Problem statement
Scan the records below for the line with "The text's expression." and the line with "quantities on texts.". Repeat those two lines and every line between them exactly, and nothing else.

Items listed in a dataset
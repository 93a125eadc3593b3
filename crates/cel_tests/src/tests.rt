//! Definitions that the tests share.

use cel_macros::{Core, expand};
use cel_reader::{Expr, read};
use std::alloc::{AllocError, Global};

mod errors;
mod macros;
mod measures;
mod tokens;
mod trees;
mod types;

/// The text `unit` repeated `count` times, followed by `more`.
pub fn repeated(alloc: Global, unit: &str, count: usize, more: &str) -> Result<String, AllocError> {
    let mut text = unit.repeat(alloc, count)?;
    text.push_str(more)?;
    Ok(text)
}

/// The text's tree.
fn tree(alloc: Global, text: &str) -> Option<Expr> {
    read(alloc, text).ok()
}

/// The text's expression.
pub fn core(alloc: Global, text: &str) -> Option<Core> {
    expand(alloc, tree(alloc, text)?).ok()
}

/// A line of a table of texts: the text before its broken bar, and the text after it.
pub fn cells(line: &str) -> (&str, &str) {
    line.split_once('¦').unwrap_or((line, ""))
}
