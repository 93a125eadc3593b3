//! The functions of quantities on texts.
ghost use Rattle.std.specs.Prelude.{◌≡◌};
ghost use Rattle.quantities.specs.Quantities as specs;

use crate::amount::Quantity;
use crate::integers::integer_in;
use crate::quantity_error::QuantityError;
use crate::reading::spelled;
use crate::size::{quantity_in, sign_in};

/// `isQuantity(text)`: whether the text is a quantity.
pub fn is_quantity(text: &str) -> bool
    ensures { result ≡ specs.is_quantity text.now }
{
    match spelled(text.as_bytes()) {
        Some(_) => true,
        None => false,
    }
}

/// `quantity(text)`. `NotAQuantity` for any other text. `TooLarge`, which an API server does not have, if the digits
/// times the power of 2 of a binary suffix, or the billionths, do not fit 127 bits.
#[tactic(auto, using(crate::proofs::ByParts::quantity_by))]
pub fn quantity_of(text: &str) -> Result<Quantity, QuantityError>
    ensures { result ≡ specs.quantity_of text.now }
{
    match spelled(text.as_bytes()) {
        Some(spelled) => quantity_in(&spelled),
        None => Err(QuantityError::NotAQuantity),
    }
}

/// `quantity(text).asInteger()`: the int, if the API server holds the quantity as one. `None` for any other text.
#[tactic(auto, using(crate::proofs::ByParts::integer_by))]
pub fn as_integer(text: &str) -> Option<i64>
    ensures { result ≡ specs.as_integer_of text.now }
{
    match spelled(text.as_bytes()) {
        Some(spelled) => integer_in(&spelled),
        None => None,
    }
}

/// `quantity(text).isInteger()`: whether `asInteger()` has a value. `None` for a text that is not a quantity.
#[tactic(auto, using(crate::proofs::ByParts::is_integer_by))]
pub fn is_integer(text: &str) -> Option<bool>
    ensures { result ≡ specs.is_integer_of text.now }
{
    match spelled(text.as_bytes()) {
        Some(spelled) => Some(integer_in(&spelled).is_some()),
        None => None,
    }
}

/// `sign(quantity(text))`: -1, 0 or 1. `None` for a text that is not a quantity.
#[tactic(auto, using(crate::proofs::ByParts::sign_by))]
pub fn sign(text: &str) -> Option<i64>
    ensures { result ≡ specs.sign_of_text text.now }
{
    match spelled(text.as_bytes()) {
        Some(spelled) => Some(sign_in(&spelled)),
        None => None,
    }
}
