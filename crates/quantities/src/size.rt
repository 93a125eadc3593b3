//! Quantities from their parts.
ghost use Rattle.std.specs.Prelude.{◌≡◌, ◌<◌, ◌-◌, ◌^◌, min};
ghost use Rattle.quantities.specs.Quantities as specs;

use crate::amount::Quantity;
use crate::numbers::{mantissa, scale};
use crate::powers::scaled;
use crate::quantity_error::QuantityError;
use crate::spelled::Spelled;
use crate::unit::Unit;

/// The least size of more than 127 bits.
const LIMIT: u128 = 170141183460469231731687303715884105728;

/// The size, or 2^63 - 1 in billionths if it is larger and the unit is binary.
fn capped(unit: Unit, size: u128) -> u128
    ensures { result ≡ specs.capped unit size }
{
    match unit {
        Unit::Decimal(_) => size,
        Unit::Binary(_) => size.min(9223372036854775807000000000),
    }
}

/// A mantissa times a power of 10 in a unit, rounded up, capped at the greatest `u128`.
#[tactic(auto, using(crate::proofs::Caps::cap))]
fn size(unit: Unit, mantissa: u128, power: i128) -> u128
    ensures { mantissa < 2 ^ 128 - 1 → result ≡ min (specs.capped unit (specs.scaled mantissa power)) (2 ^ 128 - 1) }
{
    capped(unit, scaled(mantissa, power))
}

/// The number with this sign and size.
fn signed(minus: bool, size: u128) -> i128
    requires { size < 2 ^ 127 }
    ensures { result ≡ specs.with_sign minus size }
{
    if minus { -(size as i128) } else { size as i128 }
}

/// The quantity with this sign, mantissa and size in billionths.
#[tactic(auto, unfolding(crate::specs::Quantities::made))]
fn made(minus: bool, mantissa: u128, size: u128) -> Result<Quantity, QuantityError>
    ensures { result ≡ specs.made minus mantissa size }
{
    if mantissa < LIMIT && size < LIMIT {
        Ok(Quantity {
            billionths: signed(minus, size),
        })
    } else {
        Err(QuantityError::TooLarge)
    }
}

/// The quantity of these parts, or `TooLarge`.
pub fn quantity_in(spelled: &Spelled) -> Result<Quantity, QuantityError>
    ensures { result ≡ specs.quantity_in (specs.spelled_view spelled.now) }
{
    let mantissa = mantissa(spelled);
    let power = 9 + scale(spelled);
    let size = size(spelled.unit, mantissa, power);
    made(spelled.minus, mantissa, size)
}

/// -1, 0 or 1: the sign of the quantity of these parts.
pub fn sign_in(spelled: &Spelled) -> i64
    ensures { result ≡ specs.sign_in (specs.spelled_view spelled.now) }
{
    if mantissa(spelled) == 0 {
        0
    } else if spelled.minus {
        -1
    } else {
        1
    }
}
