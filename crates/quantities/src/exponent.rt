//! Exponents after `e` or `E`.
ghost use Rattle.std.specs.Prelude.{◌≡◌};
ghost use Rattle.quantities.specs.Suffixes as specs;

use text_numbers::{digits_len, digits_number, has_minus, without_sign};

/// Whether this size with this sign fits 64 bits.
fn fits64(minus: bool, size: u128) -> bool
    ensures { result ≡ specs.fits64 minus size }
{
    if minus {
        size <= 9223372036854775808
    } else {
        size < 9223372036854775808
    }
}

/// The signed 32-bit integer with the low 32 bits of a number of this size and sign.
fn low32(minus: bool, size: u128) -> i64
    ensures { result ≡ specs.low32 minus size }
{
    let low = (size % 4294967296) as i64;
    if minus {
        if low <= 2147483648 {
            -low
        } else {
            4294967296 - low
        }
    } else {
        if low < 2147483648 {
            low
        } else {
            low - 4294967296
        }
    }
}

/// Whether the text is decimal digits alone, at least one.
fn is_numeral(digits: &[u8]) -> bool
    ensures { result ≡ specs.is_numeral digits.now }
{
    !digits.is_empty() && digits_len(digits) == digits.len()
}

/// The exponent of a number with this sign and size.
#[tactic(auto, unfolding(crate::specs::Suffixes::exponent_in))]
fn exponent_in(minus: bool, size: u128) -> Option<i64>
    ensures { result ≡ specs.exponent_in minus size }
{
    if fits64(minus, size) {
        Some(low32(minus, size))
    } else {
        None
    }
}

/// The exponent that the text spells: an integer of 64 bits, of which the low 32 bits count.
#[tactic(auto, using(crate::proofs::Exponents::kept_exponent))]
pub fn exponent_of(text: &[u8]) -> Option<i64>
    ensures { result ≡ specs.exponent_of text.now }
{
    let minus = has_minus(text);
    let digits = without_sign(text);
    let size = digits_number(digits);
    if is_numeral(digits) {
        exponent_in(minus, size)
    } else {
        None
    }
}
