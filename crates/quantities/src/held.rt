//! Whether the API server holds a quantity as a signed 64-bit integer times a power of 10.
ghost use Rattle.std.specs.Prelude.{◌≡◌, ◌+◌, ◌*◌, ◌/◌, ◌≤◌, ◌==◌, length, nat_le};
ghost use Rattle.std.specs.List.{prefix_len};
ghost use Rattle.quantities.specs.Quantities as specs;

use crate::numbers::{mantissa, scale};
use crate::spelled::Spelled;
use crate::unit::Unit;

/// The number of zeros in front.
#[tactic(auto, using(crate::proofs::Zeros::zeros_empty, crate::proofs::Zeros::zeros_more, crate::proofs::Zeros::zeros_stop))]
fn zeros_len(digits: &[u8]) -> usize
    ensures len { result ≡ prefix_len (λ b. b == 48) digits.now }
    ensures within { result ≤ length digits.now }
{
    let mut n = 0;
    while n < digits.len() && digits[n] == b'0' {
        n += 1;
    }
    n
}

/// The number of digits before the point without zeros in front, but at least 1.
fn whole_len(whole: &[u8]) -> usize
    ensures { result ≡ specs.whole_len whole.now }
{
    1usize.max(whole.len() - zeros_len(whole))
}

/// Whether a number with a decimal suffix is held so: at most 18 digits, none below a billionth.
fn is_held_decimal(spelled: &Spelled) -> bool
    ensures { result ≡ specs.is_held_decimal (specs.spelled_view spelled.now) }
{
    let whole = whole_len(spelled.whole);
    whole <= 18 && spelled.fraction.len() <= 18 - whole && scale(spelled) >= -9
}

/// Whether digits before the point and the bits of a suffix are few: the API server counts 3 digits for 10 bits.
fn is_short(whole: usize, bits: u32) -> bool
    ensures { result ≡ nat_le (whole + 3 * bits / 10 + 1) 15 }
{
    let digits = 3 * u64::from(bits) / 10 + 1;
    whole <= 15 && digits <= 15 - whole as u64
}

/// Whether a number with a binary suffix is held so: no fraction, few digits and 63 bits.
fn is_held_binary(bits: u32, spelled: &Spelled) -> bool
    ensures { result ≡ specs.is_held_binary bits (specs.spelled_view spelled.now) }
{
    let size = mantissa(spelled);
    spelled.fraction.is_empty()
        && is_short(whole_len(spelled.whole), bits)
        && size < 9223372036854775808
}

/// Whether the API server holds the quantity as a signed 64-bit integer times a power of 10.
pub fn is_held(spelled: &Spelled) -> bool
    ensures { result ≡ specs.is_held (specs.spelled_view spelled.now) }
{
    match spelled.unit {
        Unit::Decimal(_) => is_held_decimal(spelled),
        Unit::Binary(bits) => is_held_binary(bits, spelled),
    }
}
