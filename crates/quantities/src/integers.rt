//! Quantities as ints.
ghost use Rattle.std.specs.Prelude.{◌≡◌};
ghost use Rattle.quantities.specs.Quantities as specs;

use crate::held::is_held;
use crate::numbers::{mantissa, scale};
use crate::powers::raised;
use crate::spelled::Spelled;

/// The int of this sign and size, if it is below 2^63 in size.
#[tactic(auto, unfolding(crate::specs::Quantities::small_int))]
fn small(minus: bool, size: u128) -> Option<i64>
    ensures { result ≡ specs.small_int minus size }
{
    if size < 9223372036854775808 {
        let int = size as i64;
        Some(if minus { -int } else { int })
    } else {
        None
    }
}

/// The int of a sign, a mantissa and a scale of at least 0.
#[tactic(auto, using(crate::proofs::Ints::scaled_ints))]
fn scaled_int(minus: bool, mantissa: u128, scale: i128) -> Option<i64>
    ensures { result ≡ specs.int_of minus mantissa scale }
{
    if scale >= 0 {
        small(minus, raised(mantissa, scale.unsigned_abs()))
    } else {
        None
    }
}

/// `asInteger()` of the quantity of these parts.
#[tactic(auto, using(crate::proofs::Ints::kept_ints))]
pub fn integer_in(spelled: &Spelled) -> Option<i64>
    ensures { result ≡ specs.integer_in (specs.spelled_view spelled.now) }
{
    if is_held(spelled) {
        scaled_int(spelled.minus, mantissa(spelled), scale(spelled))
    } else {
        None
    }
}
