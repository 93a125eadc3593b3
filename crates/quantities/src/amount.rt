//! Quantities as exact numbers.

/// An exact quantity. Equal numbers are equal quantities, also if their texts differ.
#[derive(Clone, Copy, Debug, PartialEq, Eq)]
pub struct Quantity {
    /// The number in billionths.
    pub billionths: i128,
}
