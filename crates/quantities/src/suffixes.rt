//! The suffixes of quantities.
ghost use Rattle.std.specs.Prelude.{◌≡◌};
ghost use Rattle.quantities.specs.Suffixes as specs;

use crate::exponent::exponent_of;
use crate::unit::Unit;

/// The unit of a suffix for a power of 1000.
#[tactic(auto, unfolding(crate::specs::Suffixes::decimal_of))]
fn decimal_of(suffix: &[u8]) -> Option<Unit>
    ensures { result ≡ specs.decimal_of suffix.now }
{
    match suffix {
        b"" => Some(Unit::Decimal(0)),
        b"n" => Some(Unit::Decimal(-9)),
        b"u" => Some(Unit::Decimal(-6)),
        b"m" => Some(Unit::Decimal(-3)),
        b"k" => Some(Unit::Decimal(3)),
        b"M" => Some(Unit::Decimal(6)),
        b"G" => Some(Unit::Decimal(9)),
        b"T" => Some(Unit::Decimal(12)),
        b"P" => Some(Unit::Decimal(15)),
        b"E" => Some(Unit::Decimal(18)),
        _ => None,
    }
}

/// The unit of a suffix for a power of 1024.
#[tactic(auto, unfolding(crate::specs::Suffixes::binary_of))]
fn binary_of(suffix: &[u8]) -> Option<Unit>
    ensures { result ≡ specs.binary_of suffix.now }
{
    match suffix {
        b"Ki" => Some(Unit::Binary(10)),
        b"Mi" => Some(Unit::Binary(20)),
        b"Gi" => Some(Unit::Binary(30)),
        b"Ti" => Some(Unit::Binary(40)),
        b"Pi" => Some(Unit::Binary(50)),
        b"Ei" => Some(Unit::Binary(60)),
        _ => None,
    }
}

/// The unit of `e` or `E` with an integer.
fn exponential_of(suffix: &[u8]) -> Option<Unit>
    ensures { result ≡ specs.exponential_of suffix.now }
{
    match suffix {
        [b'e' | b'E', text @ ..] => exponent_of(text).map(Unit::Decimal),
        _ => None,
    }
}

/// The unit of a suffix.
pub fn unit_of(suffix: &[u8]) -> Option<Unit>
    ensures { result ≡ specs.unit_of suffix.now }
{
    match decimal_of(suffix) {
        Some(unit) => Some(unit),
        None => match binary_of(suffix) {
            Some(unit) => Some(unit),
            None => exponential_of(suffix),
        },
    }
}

Answer to this task
/// The text's expression.
pub fn core(alloc: Global, text: &str) -> Option<Core> {
    expand(alloc, tree(alloc, text)?).ok()
}

/// A line of a table of texts: the text before its broken bar, and the text after it.
pub fn cells(line: &str) -> (&str, &str) {
    line.split_once('¦').unwrap_or((line, ""))
}
repository 93a125eadc3593b3
//! The functions of quantities on texts.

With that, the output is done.